During invasion, Plasmodium parasites invaginate the host membrane and form a vacuolar niche called the Parasitophorous Vacuole (PV) which becomes the main interphase of host-pathogen interactions. Solute permeation across the PV membrane is mediated by a nutrient-permeable channel formed by a pore-forming protein called EXP2. In malaria parasites, EXP2 has been additionally functionalized for protein export by the AAA+ chaperone HSP101 and flange-like adaptor PTEX150 to form the Plasmodium Translocon of EXported proteins (PTEX).
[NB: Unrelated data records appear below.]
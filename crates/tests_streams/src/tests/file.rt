//! Tests of binlog files.

use super::{TWO_COLUMNS, TWO_ROWS, all};
use binlog_base::below::{Counted, Failed, Source};
use binlog_base::fault::Fault;
use binlog_consts::consts::EventType;
use binlog_file::change::Change;
use binlog_file::changes::{ChangeList, FileChanges, changes};
use binlog_file::choice::{AllRows, Choice};
use binlog_file::crc::crc32;
use binlog_file::error::{EventError, FileError};
use binlog_file::events::Events;
use binlog_file::file::BinlogFile;
use binlog_file::reader::{EventBuffer, EventStreamReader};
use binlog_file::source_changes::SourceChanges;
use binlog_file::tables::TableMaps;
use binlog_table::table_map::TableMapEvent;
use std::alloc::{AllocError, Global};
use std::test::Fail;

#[test]
fn checksums(rt: HostRuntime) {
    // The check value of CRC-32 in its catalogues.
    assert!(rt; crc32(b"123456789") == 0xcbf4_3926 && crc32(b"") == 0);
}

/// The body of MySQL 8.0.36's format description event: the binlog version, the server's version,
/// the time, the header length, the post-header lengths from type 1 on, and the algorithm.
const DESCRIPTION: &[u8; 99] = b"\x04\08.0.36\0\0\0\0\0\0\0\0\0\0\0\0\0\0\0\0\0\0\0\0\0\0\0\0\0\
    \0\0\0\0\0\0\0\0\0\0\0\0\0\0\0\0\0\0\0\0\0\0\0\x13\x38\x0d\0\x08\0\0\0\0\x04\0\x04\0\0\0\
    \x62\0\x04\x1a\x08\0\0\0\x08\x08\x08\x02\0\0\0\x0a\x0a\x0a\x2a\x2a\0\x12\x34\0\x0a\x28\0\
    \x01";

/// Appends an event with these flags: its header, its body, and its checksum if it has one.
pub(super) fn push(
    file: &mut Vec<u8>,
    event_type: u8,
    flags: u8,
    body: &[u8],
    has_checksum: bool,
) -> Result<(), AllocError> {
    let start = file.len();
    let size = u32::try_from(body.len()).unwrap_or(0);
    let size = size.saturating_add(if has_checksum { 23 } else { 19 });
    file.extend_from_slice(&[0, 0, 0, 0, event_type, 1, 0, 0, 0])?;
    file.extend_from_slice(&size.to_le_bytes())?;
    file.extend_from_slice(&[0, 0, 0, 0, flags, 0])?;
    file.extend_from_slice(body)?;
    if has_checksum {
        let checksum = crc32(file.get(start..).unwrap_or(&[]));
        file.extend_from_slice(&checksum.to_le_bytes())?;
    }
    Ok(())
}

/// A file with a format description event, in which one byte of the body is another. Its checksum is
/// right.
fn described(alloc: Global, at: usize, byte: u8) -> Result<Vec<u8>, AllocError> {
    let mut body = *DESCRIPTION;
    if let Some(old) = body.get_mut(at) {
        *old = byte;
    }
    let mut file = b"\xfebin".to_vec(alloc)?;
    push(&mut file, 0x0f, 0, &body, true)?;
    Ok(file)
}

/// A file with a format description event by which events have checksums or not.
pub(super) fn begun(alloc: Global, has_checksums: bool) -> Result<Vec<u8>, AllocError> {
    described(alloc, 98, u8::from(has_checksums))
}

/// A file of the table map event and these rows events, each with its flags.
pub(super) fn with_rows(
    alloc: Global,
    has_checksums: bool,
    rows: &[u8],
) -> Result<Vec<u8>, AllocError> {
    let mut file = begun(alloc, has_checksums)?;
    push(&mut file, 0x13, 0, TWO_COLUMNS, has_checksums)?;
    for flags in rows {
        let mut body = [0; 25];
        body.copy_from_slice(TWO_ROWS);
        body[6] = *flags;
        push(&mut file, 0x1e, 0, &body, has_checksums)?;
    }
    Ok(file)
}

/// Whether the changes have so many pairs each, and this error follows them.
fn are(list: &ChangeList<'_>, pairs: &[usize], error: Option<FileError>) -> bool {
    list.error == error
        && list.changes.len() == pairs.len()
        && list.changes.iter().zip(pairs).all(|(change, count)| is_of_two_columns(change)
            && change.pairs().len() == *count)
}

/// Whether the change is of a table of two columns, and from its position.
fn is_of_two_columns(change: &Change<'_>) -> bool {
    all(&[
        change.origin().position == change.position(),
        change.table().table_id() == change.rows().table_id(),
        change.table().columns_count() == 2,
    ])
}

/// Whether the changes of a file have so many pairs each, and no error follows them.
fn gives(alloc: Global, file: &[u8], pairs: &[usize]) -> Result<bool, AllocError> {
    Ok(are(&changes(alloc, file, AllRows)?, pairs, None))
}

/// Whether the changes of a file have so many pairs each, and this error follows them.
fn fails(
    alloc: Global,
    file: &[u8],
    pairs: &[usize],
    position: u64,
    error: EventError,
) -> Result<bool, AllocError> {
    let error = Some(FileError { position, error });
    Ok(are(&changes(alloc, file, AllRows)?, pairs, error))
}

#[test]
fn whole_files(rt: HostRuntime) -> Result<(), Fail> {
    let alloc = rt.alloc();
    for has_checksums in [false, true] {
        assert!(rt; gives(alloc, &with_rows(alloc, has_checksums, &[1])?, &[2])?);
        assert!(rt;
            gives(
                alloc,
                &with_rows(alloc, has_checksums, &[0, 0, 1])?,
                &[2, 2, 2]
            )?
        );
        assert!(rt; gives(alloc, &begun(alloc, has_checksums)?, &[])?);
    }
    assert!(rt; gives(alloc, b"\xfebin", &[])?);
    Ok(())
}

#[test]
fn no_binlog_files(rt: HostRuntime) -> Result<(), Fail> {
    let alloc = rt.alloc();
    assert!(rt; fails(alloc, b"", &[], 0, EventError::NotABinlogFile)?);
    assert!(rt; fails(alloc, b"\xfebi", &[], 0, EventError::NotABinlogFile)?);
    assert!(rt; fails(alloc, b"\xfdbin\x01", &[], 0, EventError::Encrypted)?);
    Ok(())
}

/// Bytes of the description's body that are others, and the errors.
const DESCRIPTIONS: &[(usize, u8, EventError)] = &[
    (0, 5, EventError::BinlogVersion(5)),
    (2, b'4', EventError::ServerVersion),
    (56, 20, EventError::HeaderLength(20)),
    (98, 2, EventError::ChecksumAlgorithm(2)),
];

#[test]
fn bad_descriptions(rt: HostRuntime) -> Result<(), Fail> {
    let alloc = rt.alloc();
    for (at, byte, error) in DESCRIPTIONS {
        assert!(rt; fails(alloc, &described(alloc, *at, *byte)?, &[], 4, *error)?);
    }
    Ok(())
}

/// Bytes of a file of two rows without checksums that are others, and the errors at the positions
/// of their events. The table map event begins at 126, and the rows event at 166.
const DAMAGED: &[(usize, u8, u64, EventError)] = &[
    (135, 18, 126, EventError::EventSize(18)),
    (175, 0, 166, EventError::EventSize(0)),
    (175, 45, 166, EventError::Cut(1)),
    (170, 0x14, 166, EventError::NotSupported(0x14)),
    (170, 0x50, 166, EventError::NotSupported(0x50)),
    (170, 0xa4, 166, EventError::NotSupported(0xa4)),
    (185, 2, 166, EventError::UnknownTable(2)),
    (195, 0xfb, 166, EventError::RowsEvent(Fault::BadLenEnc)),
];

#[test]
fn damaged_events(rt: HostRuntime) -> Result<(), Fail> {
    let alloc = rt.alloc();
    for (at, byte, position, error) in DAMAGED {
        let mut file = with_rows(alloc, false, &[1])?;
        if let Some(old) = file.get_mut(*at) {
            *old = *byte;
        }
        assert!(rt; fails(alloc, &file, &[], *position, *error)?);
    }
    Ok(())
}

/// Bodies of events after the table map event, and their errors with the pairs before.
const CUT: &[(u8, &[u8], &[usize], EventError)] = &[
    (
        0x13,
        b"\x01\0\0\0\0\0\x01\0\x01d",
        &[],
        EventError::TableMap(Fault::UnexpectedEof),
    ),
    (
        0x1e,
        b"\x01\0\0\0\0\0\x01\0\x02\0\x02\x03\0\x2a\0\0\0\x02ab\x02\xff",
        &[1],
        EventError::RowsData(1, Fault::UnexpectedEof),
    ),
];

#[test]
fn cut_bodies(rt: HostRuntime) -> Result<(), Fail> {
    let alloc = rt.alloc();
    for (event_type, body, pairs, error) in CUT {
        let mut file = with_rows(alloc, false, &[])?;
        push(&mut file, *event_type, 0, *body, false)?;
        assert!(rt; fails(alloc, &file, *pairs, 166, *error)?);
    }
    Ok(())
}

#[test]
fn a_wrong_checksum(rt: HostRuntime) -> Result<(), Fail> {
    let alloc = rt.alloc();
    let mut file = with_rows(alloc, true, &[1])?;
    let checksum = crc32(file.get(170..214).unwrap_or(&[]));
    if let Some(last) = file.last_mut() {
        *last ^= 1;
    }
    let error = EventError::Checksum(checksum ^ 0x0100_0000, checksum);
    assert!(rt; fails(alloc, &file, &[], 170, error)?);
    Ok(())
}

#[test]
fn no_description(rt: HostRuntime) -> Result<(), Fail> {
    let alloc = rt.alloc();
    let mut file = b"\xfebin".to_vec(alloc)?;
    push(&mut file, 0x13, 0, TWO_COLUMNS, false)?;
    assert!(rt; fails(alloc, &file, &[], 4, EventError::NoDescription)?);
    Ok(())
}

/// How many pairs of rows are left of the changes of a source.
fn pairs_left<S: Source + Drop>(
    changes: &mut SourceChanges<S, AllRows>,
) -> Result<usize, FileError> {
    let mut count: usize = 0;
    for change in changes.by_ref() {
        count = count.saturating_add(change?.pairs().len());
    }
    Ok(count)
}

/// How many pairs of rows a stream has.
fn pairs_of_stream(alloc: Global, stream: &[u8]) -> Result<usize, FileError> {
    let source = BinlogFile::from_stream(alloc, Counted::new(stream));
    pairs_left(&mut SourceChanges::new(alloc, source, AllRows))
}

#[test]
fn the_name_of_a_file_before_its_description(rt: HostRuntime) -> Result<(), Fail> {
    let alloc = rt.alloc();
    let mut file = b"\xfebin".to_vec(alloc)?;
    push(&mut file, 0x04, 0x20, b"\x04\0\0\0\0\0\0\0bin.000001", true)?;
    file.extend_from_slice(with_rows(alloc, true, &[1])?.get(4..).unwrap_or(&[]))?;
    assert!(rt; gives(alloc, &file, &[2])?);
    assert!(rt; pairs_of_stream(alloc, file.get(4..).unwrap_or(&[]))? == 2);
    Ok(())
}

#[test]
fn tables_of_a_statement(rt: HostRuntime) -> Result<(), Fail> {
    let alloc = rt.alloc();
    // The table map event of one statement doesn't serve for the next.
    let file = with_rows(alloc, false, &[1, 1])?;
    assert!(rt; fails(alloc, &file, &[2], 210, EventError::UnknownTable(1))?);
    // Nor for what comes after another description.
    let mut file = with_rows(alloc, false, &[0])?;
    push(&mut file, 0x0f, 0, DESCRIPTION, true)?;
    push(&mut file, 0x1e, 0, TWO_ROWS, true)?;
    assert!(rt; fails(alloc, &file, &[2], 332, EventError::UnknownTable(1))?);
    Ok(())
}

/// Appends a statement of this table: its table map event, and a rows event of two rows.
fn push_statement(file: &mut Vec<u8>, table_id: u32) -> Result<(), AllocError> {
    let mut table = [0; 21];
    table.copy_from_slice(TWO_COLUMNS);
    table[..4].copy_from_slice(&table_id.to_le_bytes());
    push(file, 0x13, 0, &table, false)?;
    let mut rows = [0; 25];
    rows.copy_from_slice(TWO_ROWS);
    rows[..4].copy_from_slice(&table_id.to_le_bytes());
    push(file, 0x1e, 0, &rows, false)
}

/// A file of one statement after the other, of so many tables by turns.
fn by_turns(alloc: Global, tables: u8, statements: u32) -> Result<Vec<u8>, AllocError> {
    let mut file = begun(alloc, false)?;
    for i in 0..statements {
        push_statement(&mut file, i % u32::from(tables.max(1)))?;
    }
    Ok(file)
}

/// Bounds in bytes, and what is kept of three tables then: each takes 810 bytes, and none is kept
/// that takes more than half of all.
const BOUNDS: &[(usize, usize)] = &[(0, 0), (1619, 0), (1620, 1620), (1 << 23, 2430)];

/// Takes all events of a file.
fn take_all(alloc: Global, file: &[u8], tables: &mut TableMaps) -> Result<(), Fail> {
    for event in Events::new(file)? {
        tables.take(alloc, &event?)?;
    }
    Ok(())
}

/// Takes all events of a file. Returns how many bytes are kept then, if the last table is in force.
fn kept_of(alloc: Global, file: &[u8], most: usize) -> Result<Option<usize>, Fail> {
    let mut tables = TableMaps::with_kept_bytes(alloc, most);
    take_all(alloc, file, &mut tables)?;
    Ok(tables.get_tme(2).map(|_| tables.kept_bytes()))
}

/// Reads all events of a file. Returns whether the last table is in force then.
fn last_table(alloc: Global, file: &[u8], most: usize) -> Result<bool, Fail> {
    let mut reader = EventStreamReader::with_kept_bytes(alloc, most);
    let mut source = file.get(4..).unwrap_or(&[]);
    let all = reads(alloc, &mut reader, &mut source, 13)?;
    Ok(all && reader.position() == file.len() as u64 && reader.get_tme(2).is_some())
}

#[test]
fn tables_are_kept_in_bounds(rt: HostRuntime) -> Result<(), Fail> {
    let alloc = rt.alloc();
    let file = by_turns(alloc, 3, 6)?;
    for (most, kept) in BOUNDS {
        assert!(rt; kept_of(alloc, &file, *most)? == Some(*kept));
        assert!(rt; last_table(alloc, &file, *most)?);
    }
    Ok(())
}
Recent work in our lab suggested that EXP2 traffics to the PV in a soluble state to avoid premature membrane insertion during vesicular trafficking. Therefore, my lab seeks to understand the mechanism used to insert EXP2 into the PV membrane in order to carry out PV transport functions. 

While nutrient exchange and protein export is mediated by EXP2/PTEX, recent work has shown that other proteins in the PV are involved in this process as well. One of these proteins is the rhoptry bulb protein RON3 which is secreted to the PV during invasion. Recent work has shown that interference with RON3 function leads to a block in nutrient exchange and protein export and our lab is interested in investigating the role of RON3 in these processes.

~10% of the genome is estimated to be exported to the RBC for host-cell subversion, however, only a fraction of these exported proteins have been validated to be exported. Moreover, our work has shown the presence of bona fide PEXEL motifs in non-exported proteins, hampering the predictive power of bioinformatic analyses in identifying PEXEL-containing exported proteins. We are interested in using the power of proximity labeling to identify the Plasmodium exportome using quantitative mass spectrometry.